▶ [DESCRIPTION OF THE TASK]: Whenever the word "NotAnOption" shows up in a line of the data, copy that line.

▶ [TASK DATA]:

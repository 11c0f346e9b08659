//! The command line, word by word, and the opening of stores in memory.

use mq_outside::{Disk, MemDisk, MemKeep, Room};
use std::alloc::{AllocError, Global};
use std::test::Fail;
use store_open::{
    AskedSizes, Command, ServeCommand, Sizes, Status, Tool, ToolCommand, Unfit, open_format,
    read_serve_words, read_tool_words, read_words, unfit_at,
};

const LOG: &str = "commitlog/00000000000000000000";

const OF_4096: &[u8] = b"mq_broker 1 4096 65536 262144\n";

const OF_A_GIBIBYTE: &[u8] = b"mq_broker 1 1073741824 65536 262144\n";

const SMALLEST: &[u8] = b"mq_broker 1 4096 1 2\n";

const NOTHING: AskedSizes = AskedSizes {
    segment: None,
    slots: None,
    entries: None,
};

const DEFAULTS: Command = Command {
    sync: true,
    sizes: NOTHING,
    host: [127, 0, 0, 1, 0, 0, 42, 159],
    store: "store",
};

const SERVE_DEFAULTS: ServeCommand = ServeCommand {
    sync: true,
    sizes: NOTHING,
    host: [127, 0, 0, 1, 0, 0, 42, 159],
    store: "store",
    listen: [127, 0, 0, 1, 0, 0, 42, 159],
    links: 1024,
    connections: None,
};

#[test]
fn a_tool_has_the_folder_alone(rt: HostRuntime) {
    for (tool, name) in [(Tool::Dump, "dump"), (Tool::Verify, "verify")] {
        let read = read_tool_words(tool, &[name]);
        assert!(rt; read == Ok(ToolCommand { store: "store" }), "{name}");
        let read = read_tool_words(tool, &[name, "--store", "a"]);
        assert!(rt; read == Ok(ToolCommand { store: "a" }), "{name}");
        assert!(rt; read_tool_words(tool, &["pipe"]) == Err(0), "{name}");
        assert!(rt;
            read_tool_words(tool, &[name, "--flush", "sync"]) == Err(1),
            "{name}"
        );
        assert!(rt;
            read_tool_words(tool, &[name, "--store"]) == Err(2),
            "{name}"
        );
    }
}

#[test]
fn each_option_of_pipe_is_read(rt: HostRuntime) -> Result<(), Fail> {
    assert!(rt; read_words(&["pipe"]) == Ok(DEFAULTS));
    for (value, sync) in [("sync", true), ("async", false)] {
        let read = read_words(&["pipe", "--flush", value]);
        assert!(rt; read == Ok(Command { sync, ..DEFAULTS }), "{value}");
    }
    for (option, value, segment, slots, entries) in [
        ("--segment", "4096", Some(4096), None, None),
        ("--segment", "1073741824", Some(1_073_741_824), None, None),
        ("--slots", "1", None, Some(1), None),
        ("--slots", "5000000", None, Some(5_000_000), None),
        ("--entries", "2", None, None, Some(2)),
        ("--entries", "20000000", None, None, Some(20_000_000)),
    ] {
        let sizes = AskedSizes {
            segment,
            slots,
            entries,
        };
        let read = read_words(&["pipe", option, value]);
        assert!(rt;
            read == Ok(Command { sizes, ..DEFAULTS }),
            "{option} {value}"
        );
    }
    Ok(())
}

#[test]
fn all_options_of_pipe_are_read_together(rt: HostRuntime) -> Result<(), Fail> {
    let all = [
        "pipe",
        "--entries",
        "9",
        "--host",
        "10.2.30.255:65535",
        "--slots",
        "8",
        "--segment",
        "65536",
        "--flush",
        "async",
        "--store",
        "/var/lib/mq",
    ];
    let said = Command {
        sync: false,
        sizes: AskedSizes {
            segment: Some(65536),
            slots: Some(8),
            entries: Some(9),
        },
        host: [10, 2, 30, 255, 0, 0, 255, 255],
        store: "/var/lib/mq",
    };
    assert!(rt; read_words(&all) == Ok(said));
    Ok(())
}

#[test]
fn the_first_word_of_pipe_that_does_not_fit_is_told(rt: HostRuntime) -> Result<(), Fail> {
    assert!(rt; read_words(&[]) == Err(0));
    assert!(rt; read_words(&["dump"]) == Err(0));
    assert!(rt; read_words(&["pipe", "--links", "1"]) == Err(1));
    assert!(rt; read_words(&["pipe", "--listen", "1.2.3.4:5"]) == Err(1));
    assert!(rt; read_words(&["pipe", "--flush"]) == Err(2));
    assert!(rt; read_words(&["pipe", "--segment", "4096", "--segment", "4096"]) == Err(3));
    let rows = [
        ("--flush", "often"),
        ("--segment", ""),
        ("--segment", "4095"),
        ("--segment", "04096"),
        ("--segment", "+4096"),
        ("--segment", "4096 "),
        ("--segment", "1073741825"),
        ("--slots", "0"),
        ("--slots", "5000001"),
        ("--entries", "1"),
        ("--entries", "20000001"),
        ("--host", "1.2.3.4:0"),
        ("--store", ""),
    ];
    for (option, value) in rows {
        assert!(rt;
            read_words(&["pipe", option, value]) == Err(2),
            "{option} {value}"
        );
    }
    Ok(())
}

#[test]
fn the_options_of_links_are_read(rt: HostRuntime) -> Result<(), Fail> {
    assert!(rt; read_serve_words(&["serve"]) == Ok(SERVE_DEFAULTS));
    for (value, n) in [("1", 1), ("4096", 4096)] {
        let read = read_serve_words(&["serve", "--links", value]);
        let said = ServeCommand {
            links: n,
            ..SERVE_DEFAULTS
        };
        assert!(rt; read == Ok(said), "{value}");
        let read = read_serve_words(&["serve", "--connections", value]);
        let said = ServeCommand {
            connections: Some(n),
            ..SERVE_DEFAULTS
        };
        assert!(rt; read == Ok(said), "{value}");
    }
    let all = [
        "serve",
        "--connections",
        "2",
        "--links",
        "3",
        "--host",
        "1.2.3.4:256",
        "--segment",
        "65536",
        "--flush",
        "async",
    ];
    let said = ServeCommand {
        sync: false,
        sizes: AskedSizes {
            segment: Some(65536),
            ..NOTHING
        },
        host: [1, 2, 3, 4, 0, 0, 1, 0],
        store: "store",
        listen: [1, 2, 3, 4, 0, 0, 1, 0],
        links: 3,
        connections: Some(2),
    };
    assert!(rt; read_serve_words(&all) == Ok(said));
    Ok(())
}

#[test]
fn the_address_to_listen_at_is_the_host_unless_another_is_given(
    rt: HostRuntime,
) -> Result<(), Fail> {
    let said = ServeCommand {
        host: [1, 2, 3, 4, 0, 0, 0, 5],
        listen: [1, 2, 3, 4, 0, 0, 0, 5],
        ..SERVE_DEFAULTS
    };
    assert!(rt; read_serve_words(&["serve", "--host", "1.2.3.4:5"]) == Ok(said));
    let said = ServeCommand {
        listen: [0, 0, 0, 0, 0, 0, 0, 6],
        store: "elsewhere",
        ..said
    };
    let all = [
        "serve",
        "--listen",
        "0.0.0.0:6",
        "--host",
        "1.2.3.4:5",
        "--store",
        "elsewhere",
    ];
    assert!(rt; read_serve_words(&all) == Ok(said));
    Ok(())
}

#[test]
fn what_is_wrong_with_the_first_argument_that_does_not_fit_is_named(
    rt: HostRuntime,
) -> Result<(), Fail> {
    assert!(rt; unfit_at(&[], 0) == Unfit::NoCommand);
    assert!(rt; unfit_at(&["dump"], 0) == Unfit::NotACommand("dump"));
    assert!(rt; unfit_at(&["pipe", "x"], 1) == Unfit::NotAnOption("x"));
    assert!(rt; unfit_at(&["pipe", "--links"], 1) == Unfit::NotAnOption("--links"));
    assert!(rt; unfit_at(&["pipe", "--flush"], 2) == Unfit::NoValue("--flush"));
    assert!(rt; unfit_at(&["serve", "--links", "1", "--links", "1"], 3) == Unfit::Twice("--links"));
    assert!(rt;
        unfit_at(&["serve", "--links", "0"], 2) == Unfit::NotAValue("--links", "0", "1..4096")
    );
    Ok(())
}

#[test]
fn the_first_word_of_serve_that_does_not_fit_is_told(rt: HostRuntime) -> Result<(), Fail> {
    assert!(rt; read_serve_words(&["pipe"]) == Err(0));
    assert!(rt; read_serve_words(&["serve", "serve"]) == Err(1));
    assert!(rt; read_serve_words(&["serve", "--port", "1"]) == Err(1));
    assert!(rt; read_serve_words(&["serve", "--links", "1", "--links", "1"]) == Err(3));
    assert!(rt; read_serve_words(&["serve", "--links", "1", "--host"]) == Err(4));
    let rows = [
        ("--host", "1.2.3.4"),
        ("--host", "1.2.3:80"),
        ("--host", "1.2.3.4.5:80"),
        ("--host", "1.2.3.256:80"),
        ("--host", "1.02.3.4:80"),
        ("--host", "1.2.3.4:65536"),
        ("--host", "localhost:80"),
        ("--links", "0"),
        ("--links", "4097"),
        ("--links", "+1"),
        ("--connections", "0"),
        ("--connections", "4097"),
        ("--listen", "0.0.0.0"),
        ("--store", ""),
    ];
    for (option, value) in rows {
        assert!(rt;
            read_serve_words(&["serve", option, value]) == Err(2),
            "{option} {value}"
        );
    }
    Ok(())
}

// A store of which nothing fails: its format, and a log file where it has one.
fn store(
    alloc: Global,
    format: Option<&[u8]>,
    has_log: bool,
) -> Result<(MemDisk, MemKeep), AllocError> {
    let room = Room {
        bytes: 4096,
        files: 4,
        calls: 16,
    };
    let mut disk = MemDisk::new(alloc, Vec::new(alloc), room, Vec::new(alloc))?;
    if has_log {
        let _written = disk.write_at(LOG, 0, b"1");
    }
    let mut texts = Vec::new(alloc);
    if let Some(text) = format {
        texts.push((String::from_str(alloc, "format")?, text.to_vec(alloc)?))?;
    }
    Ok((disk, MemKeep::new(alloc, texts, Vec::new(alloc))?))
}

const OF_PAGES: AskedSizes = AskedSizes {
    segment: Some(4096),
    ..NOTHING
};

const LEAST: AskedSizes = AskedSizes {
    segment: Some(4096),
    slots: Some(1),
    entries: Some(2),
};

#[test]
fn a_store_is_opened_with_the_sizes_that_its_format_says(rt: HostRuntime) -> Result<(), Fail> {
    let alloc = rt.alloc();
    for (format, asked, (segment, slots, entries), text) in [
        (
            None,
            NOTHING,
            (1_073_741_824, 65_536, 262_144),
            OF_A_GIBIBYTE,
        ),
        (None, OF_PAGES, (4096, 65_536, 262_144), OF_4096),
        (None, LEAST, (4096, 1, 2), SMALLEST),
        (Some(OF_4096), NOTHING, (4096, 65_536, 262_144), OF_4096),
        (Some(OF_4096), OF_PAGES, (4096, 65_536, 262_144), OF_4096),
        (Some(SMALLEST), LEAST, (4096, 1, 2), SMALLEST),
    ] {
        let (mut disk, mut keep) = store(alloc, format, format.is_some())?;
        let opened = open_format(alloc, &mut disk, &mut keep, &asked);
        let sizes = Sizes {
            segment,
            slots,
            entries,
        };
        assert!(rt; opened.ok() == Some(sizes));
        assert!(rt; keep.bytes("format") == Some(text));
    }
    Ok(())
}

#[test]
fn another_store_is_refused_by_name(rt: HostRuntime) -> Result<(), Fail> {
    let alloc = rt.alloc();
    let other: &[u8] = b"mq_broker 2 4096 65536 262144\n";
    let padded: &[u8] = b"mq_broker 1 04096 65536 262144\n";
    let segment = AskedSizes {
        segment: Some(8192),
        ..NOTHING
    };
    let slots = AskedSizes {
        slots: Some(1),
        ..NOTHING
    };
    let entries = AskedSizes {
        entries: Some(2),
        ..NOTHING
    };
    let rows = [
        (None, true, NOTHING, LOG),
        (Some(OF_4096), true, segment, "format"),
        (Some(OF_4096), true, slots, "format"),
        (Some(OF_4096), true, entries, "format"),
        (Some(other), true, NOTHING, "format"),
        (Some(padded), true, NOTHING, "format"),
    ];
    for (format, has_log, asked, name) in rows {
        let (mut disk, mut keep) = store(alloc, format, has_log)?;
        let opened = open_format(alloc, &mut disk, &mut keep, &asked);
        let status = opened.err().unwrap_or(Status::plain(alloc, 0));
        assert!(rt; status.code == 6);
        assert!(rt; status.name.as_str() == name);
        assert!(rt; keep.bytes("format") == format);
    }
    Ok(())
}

▶ [RESULT]:
    assert!(rt; unfit_at(&["pipe", "x"], 1) == Unfit::NotAnOption("x"));
    assert!(rt; unfit_at(&["pipe", "--links"], 1) == Unfit::NotAnOption("--links"));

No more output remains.